[Start of Attachment]

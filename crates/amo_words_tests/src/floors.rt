//! Floors, workers on them, looks at their books and words, and expected settlements.
//!
//! `tests/amo_algorithm_tests` has a link to this file, so that both crates use it.
ghost use Rattle.std.specs.Prelude.{◌≡◌};

use amo_params::Givens;
use amo_words::{Book, ClosedFloor, Filed, Floor, Place, Settlement, Step, Worker, WorkerEnd};
use std::alloc::{AllocError, Global};
use std::process::Abort;

/// The letters from `a`, one for each job.
pub(super) fn letters(alloc: Global, count: u32) -> Result<Vec<char>, AllocError> {
    let mut payloads = Vec::new(alloc);
    for letter in "abcdefgh".chars() {
        if payloads.len() < count as usize {
            let Ok(()) = payloads.push(letter) else {
                return Err(AllocError);
            };
        }
    }
    Ok(payloads)
}

/// The numbers from 1, one for each job.
pub(super) fn numbers(alloc: Global, count: u32) -> Result<Vec<u32>, AllocError> {
    let mut payloads = Vec::new(alloc);
    for before in 0..count {
        payloads.push(before.wrapping_add(1))?;
    }
    Ok(payloads)
}

/// A floor for these givens and payloads, and its book.
pub(super) fn open<P: Drop>(
    rt: &impl Abort,
    alloc: Global,
    givens: Givens,
    payloads: Vec<P>,
) -> (Floor<P>, Book<P>)
    ensures table { result.1.table_id ≡ result.0.table_id }
    ensures givens { result.1.view.givens ≡ givens }
{
    let Ok((floor, book)) = Floor::try_new(alloc, givens, payloads) else {
        panic!(rt; "the floor was not opened")
    };
    (floor, book)
}

/// Hires worker p, which is at home.
pub(super) fn hire<P: Drop>(
    rt: &impl Abort,
    alloc: Global,
    floor: &Floor<P>,
    book: &mut Book<P>,
    p: u32,
) -> Worker<P>
    requires { book.old.table_id ≡ floor.now.table_id }
    ensures book { book.new.table_id ≡ book.old.table_id }
    ensures givens { book.new.view.givens ≡ book.old.view.givens }
    ensures worker { result.table_id ≡ book.old.table_id }
{
    let Ok(worker) = book.hire(alloc, floor, p) else {
        panic!(rt; "worker {p} was not hired")
    };
    worker
}

/// Makes one access of the worker, and files at once what it claims. Returns true if it goes on.
pub(super) fn access<P: Drop>(floor: &Floor<P>, worker: &mut Worker<P>) -> bool
    requires { worker.old.table_id ≡ floor.now.table_id }
    ensures { worker.new.table_id ≡ worker.old.table_id }
{
    match worker.in_hand() {
        Some(_) => matches!(worker.file(floor), Filed::More),
        None => matches!(worker.step(floor), Step::Moved | Step::Claimed(_, _)),
    }
}

/// Makes this number of accesses of the worker.
pub(super) fn run<P: Drop>(floor: &Floor<P>, worker: &mut Worker<P>, accesses: u32)
    requires { worker.old.table_id ≡ floor.now.table_id }
    ensures { worker.new.table_id ≡ worker.old.table_id }
{
    for _ in 0..accesses {
        access(floor, worker);
    }
}

/// Accesses of the worker until it has claimed and done so many jobs.
pub(super) fn perform<P: Drop>(
    floor: &Floor<P>,
    worker: &mut Worker<P>,
    claims: usize,
    dones: usize,
)
    requires { worker.old.table_id ≡ floor.now.table_id }
    ensures { worker.new.table_id ≡ worker.old.table_id }
{
    for _ in 0..100_000 {
        if worker.claims().len() >= claims && worker.dones().len() >= dones {
            break;
        }
        access(floor, worker);
    }
}

/// Closes the floor.
pub(super) fn settle<P: Drop>(
    rt: &impl Abort,
    alloc: Global,
    floor: Floor<P>,
    book: Book<P>,
) -> Settlement<P>
    requires { book.table_id ≡ floor.table_id }
{
    let Ok(end) = floor.settle(alloc, book) else {
        panic!(rt; "the floor was not settled")
    };
    end
}

/// An expected settlement: claims, dones, ends and free jobs.
#[derive(Drop)]
pub(super) struct Expected<'a> {
    pub(super) claims: &'a [&'a [u32]],
    pub(super) dones: &'a [&'a [u32]],
    pub(super) ends: &'a [WorkerEnd],
    pub(super) free: &'a [(u32, char)],
}

impl Expected<'_> {
    /// The floor settles so.
    pub(super) fn holds(&self, rt: &impl Abort, alloc: Global, floor: Floor<char>, book: Book<char>)
        requires { book.table_id ≡ floor.table_id }
    {
        self.is(rt, settle(rt, alloc, floor, book));
    }

    /// The settlement is this.
    pub(super) fn is(&self, rt: &impl Abort, end: Settlement<char>) {
        expect_lists(rt, &end.claims, self.claims);
        expect_lists(rt, &end.dones, self.dones);
        assert!(rt; end.ends.as_slice() == self.ends);
        assert!(rt; end.free.as_slice() == self.free);
    }
}

/// Checks that the lists are the wanted ones.
fn expect_lists(rt: &impl Abort, found: &[Vec<u32>], wanted: &[&[u32]]) {
    assert_eq!(rt; found.len(), wanted.len());
    for (list, want) in found.iter().zip(wanted.iter()) {
        assert!(rt; list.as_slice() == *want);
    }
}

/// Returns what the book has of worker p if it is back: its steps, whether it has ended, and how
/// many jobs it has claimed and done.
pub(super) fn look(givens: Givens, book: &Book<char>, p: u32) -> Option<(u64, bool, usize, usize)>
    requires { book.now.view.givens ≡ givens }
{
    if p == 0 || p > givens.workers() {
        return None;
    }
    match book.place_of(p) {
        Place::Back => Some((
            book.steps_of(p),
            book.ended_of(p),
            book.claims_of(p).len(),
            book.dones_of(p).len(),
        )),
        Place::Home | Place::Out => None,
    }
}

/// The announcement, the count of claims and the first entry of the row of worker p, as they stood.
pub(super) fn words_of(closed: &ClosedFloor<char>, p: u32) -> Option<(u64, u64, u64)> {
    if p == 0 || p > closed.givens().workers() {
        return None;
    }
    Some((
        closed.announcement(p),
        closed.claim_count(p),
        closed.entry(p, 1),
    ))
}
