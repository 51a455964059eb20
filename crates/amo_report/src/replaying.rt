//! From the bytes of a plan to the bytes of its report.
ghost use Rattle.std.specs.Prelude.{◌≡◌, false, Ok, OnOk, IfErr};
ghost use Rattle.std.specs.Io.KnownBytes.{IsAtEnd};
ghost use Rattle.amo_render.specs.Written.{Refuses, Writes, is_failed_read, is_failed_write};
ghost use Rattle.amo_report.specs.Texts.{report_of};

use crate::wanted::Wanted;
use amo_io::{Sink, Source};
use amo_render::{ReplayFault, write_of};
use std::alloc::Global;

/// Reads a plan to the end of the source, runs its schedule and its passes in the opening world,
/// and writes the report. It writes nothing else, and nothing before the report is whole. Neither
/// stream may have failed before.
///
/// # Errors
///
/// A `ReplayFault`: the source failed, the sink failed (then a beginning of the report was
/// written), the plan has a fault, or memory was refused.
///
/// # Examples
///
/// ```
/// use amo_report::{Bytes, Room, replay};
///
/// let plan = "version = 1
/// workers = 1
/// beta = 1
/// schedule = \"1*3\"
/// job = [{name = \"a\", say = \"hi\"}]
/// ";
/// let report = "jobs 1 workers 1 beta 1 bound 1
/// 1 claimed 1 1
/// 2 done 1 1
/// 3 ended 1
/// worker 1 ended turns 3 claimed 1 done 1
/// result 1 a hi
/// performed 1
/// unclaimed
/// ";
/// let mut out = Room::new(rt.alloc(), 500)?;
/// let answer = replay(rt.alloc(), &mut Bytes::new(plan.as_bytes()), &mut out);
/// assert!(rt; answer.is_ok());
/// assert!(rt; out.as_slice() == report.as_bytes());
/// ```
pub fn replay<R: Source, W: Sink>(
    alloc: Global,
    reader: &mut R,
    writer: &mut W,
) -> Result<(), ReplayFault>
    requires reader { R.failed reader.old ≡ false }
    requires writer { W.failed writer.old ≡ false }
    ensures end { OnOk result (IsAtEnd (R.remaining reader.new)) }
    ensures text { OnOk result (Writes (λ p. Ok (report_of p)) (R.remaining reader.old) (W.contents writer.old) (W.contents writer.new)) }
    ensures passed { OnOk result (W.waiting writer.new ≡ false) }
    ensures source { R.failed reader.new ≡ is_failed_read result }
    ensures sink { W.failed writer.new ≡ is_failed_write result }
    ensures refused { IfErr result (λ e. Refuses (λ p. Ok (report_of p)) e (R.remaining reader.old) (W.contents writer.old) (W.contents writer.new)) }
{
    write_of(alloc, &Wanted::Report, reader, writer)
}
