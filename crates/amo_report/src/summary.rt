//! The part of a line on a whole run, and the least number over many runs.
ghost use Rattle.std.specs.Prelude.{◌≡◌, ◌++◌, OnOk, string_bytes};
ghost use Rattle.amo_render.specs.Least.{lesser};
ghost use Rattle.amo_report.specs.Summary.{counts_part, verdict_part, least_line};

use amo_kk::Event;
use amo_render::{count_claims, count_performances};
use amo_world::Verdict;
use std::alloc::AllocError;

/// Appends how much was claimed and performed.
#[tactic(auto, unfolding(crate::specs::Summary::counts_part))]
pub(crate) fn push_counts(out: &mut String, history: &[Event]) -> Result<(), AllocError>
    ensures { OnOk result (string_bytes out.new ≡ string_bytes out.old ++ counts_part history.now) }
{
    let claims = count_claims(history);
    let dones = count_performances(history);
    write!(out, " claimed {claims} done {dones}")
}

/// Appends the judge's verdict, after a space.
#[tactic(auto, unfolding(crate::specs::Summary::verdict_part))]
pub(crate) fn push_verdict(out: &mut String, verdict: Verdict) -> Result<(), AllocError>
    ensures { OnOk result (string_bytes out.new ≡ string_bytes out.old ++ verdict_part verdict) }
{
    match verdict {
        Verdict::Lawful => write!(out, " lawful"),
        Verdict::FirstBad(place) => write!(out, " bad {place}"),
    }
}

/// Returns the lesser of a number and another, if there is another.
pub(crate) fn lesser(number: usize, other: Option<usize>) -> usize
    ensures { result ≡ lesser number other }
{
    match other {
        None => number,
        Some(other) => number.min(other),
    }
}

/// Appends the line of the least number of done jobs, if there is one.
#[tactic(auto, unfolding(crate::specs::Summary::least_line))]
pub(crate) fn push_least(out: &mut String, least: Option<usize>) -> Result<(), AllocError>
    ensures { OnOk result (string_bytes out.new ≡ string_bytes out.old ++ least_line least) }
{
    match least {
        None => Ok(()),
        Some(dones) => writeln!(out, "least {dones}"),
    }
}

[End of Attachment]

• [Work order]:
Count how many lines in the data above hold "answer", and give that number by itself.

• [Response]:
2